# [Task material]
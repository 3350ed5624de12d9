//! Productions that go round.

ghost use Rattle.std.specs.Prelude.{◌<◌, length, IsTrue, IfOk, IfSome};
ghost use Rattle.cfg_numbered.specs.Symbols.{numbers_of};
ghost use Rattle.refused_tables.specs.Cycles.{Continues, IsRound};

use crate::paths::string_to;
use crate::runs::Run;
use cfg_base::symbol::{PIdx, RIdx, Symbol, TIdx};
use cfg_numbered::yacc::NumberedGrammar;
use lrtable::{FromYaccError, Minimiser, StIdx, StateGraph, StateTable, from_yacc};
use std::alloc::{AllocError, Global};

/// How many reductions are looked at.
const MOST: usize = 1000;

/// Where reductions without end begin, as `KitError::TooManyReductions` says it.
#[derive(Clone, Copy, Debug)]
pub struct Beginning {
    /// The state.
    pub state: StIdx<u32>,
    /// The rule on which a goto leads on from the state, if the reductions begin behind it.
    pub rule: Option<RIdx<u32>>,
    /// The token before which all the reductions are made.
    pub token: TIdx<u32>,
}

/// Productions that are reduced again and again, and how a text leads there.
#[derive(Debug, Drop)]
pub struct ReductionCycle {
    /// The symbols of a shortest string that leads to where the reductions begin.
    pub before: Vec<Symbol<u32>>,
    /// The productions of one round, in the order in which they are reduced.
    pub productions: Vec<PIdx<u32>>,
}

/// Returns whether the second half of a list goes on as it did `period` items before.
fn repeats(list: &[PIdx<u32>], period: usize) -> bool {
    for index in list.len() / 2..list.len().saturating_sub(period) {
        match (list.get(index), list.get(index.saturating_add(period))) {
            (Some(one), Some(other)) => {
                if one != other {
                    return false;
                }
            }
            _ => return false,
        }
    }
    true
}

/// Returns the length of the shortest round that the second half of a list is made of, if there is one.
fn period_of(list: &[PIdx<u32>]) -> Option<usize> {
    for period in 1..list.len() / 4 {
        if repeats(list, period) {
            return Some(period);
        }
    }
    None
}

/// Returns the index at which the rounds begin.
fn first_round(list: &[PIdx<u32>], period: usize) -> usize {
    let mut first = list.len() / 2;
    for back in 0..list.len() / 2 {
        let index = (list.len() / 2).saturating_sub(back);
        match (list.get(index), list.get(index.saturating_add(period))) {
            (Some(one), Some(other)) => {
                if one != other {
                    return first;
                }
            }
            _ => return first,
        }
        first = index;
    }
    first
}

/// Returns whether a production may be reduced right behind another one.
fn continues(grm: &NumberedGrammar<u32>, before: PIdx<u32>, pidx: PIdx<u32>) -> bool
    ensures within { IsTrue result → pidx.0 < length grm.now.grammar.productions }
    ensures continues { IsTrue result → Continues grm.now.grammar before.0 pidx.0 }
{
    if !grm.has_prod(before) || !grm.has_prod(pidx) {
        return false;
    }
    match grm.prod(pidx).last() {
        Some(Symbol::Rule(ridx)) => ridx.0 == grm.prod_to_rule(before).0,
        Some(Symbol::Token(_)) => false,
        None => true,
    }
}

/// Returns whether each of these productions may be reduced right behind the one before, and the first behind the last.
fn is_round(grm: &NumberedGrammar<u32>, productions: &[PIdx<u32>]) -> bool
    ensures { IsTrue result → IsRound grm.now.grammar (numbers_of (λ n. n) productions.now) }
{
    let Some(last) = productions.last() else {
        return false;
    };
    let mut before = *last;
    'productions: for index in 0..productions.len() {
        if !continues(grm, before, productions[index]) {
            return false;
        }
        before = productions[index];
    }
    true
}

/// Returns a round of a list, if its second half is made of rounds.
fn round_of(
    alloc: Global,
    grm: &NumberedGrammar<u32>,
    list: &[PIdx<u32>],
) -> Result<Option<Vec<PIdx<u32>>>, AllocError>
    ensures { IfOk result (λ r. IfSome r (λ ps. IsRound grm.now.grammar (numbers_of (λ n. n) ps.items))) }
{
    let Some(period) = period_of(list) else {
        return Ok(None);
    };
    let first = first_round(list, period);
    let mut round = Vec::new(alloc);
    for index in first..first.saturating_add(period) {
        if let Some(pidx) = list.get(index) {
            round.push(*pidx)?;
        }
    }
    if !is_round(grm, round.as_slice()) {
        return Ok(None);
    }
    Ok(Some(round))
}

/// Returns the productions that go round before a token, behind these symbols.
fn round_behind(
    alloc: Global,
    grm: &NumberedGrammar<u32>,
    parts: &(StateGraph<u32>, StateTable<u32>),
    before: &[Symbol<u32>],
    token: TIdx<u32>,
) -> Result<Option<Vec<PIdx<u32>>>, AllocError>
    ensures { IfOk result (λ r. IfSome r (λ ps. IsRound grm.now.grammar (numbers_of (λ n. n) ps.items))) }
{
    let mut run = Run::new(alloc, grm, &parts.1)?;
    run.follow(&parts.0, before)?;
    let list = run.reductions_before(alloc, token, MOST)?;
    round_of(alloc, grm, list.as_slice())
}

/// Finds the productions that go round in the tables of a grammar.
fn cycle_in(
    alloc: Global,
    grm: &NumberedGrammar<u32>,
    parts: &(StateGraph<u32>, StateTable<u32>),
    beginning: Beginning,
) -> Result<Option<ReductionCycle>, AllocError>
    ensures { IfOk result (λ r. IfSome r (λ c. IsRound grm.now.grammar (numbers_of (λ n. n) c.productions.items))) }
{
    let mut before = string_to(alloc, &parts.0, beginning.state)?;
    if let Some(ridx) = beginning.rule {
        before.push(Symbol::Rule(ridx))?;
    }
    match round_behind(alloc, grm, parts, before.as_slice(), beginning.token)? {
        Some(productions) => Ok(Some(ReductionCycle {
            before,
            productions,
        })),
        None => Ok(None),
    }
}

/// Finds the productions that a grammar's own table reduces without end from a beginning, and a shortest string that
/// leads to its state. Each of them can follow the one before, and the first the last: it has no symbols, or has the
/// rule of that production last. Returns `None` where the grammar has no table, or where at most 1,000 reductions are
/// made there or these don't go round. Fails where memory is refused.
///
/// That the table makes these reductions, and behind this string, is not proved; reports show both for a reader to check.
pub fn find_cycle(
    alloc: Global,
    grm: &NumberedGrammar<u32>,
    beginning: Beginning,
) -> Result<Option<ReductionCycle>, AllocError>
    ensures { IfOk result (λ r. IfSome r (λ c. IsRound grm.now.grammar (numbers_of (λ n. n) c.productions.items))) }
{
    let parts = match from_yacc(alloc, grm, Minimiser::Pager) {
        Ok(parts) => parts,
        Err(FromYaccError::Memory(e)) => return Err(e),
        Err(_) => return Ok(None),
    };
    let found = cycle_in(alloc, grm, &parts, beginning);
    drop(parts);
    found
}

# [Directions for this task]
Please go over the data above and tally every line holding "follow"; reply only with the count.

# [Task solution]
2